> **Task**
The required output is a number: how many lines of the data below include the string "only".

Saved entries:
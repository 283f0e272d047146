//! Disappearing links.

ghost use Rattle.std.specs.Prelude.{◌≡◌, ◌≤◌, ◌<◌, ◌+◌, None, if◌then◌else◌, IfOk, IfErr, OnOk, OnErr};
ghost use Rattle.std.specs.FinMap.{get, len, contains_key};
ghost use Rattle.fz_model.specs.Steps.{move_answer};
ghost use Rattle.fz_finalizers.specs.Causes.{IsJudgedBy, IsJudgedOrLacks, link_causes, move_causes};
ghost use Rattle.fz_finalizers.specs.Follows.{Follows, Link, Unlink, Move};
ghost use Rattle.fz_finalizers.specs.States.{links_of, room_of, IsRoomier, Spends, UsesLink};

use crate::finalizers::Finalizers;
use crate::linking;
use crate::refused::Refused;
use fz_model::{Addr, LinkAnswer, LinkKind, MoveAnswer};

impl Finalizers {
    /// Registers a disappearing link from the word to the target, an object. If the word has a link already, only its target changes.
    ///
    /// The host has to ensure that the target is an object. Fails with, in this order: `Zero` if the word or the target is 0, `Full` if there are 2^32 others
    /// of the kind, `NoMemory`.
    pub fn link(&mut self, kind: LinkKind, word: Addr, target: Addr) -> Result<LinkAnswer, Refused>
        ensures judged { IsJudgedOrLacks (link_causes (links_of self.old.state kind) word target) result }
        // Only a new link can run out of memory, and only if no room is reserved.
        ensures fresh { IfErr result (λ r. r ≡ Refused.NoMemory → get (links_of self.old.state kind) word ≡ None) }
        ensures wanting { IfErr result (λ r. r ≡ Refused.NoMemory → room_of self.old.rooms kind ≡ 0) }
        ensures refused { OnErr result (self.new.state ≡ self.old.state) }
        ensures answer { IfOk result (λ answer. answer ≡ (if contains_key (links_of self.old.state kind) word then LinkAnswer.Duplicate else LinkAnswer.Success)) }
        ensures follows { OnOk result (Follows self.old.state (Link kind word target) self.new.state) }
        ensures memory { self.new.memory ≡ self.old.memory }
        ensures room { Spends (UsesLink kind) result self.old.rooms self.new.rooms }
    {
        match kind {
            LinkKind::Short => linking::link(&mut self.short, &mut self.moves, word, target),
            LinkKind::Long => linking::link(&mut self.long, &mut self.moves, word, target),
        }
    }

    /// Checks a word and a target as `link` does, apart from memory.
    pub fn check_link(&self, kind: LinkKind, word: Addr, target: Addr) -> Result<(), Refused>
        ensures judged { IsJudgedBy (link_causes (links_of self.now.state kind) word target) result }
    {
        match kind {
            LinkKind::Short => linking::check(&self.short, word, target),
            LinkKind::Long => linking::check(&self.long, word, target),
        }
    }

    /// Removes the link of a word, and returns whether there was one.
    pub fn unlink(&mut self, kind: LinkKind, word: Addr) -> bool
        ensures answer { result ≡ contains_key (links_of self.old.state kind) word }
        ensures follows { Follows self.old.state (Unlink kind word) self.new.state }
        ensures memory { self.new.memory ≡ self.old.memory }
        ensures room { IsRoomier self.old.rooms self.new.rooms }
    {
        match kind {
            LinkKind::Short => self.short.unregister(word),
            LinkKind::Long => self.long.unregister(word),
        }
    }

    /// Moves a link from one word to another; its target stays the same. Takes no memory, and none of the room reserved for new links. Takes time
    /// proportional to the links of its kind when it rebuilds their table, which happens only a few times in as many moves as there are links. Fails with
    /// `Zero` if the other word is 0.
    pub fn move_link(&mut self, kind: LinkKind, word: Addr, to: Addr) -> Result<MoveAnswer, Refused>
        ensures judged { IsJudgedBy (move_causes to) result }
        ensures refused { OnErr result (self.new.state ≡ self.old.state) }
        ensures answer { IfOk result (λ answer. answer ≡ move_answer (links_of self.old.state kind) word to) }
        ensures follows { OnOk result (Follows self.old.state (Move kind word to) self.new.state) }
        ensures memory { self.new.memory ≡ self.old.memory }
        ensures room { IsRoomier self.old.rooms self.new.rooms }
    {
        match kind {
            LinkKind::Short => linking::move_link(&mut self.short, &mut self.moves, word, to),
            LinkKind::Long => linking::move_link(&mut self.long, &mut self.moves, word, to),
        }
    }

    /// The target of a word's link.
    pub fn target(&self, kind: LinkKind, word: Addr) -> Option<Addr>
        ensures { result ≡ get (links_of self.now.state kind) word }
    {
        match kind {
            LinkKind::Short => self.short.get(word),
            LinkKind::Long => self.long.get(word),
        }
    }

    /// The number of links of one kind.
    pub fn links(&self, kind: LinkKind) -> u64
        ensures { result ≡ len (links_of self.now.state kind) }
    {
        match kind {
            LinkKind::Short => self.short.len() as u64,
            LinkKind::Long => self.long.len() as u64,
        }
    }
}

> **Reply to the exercise**
3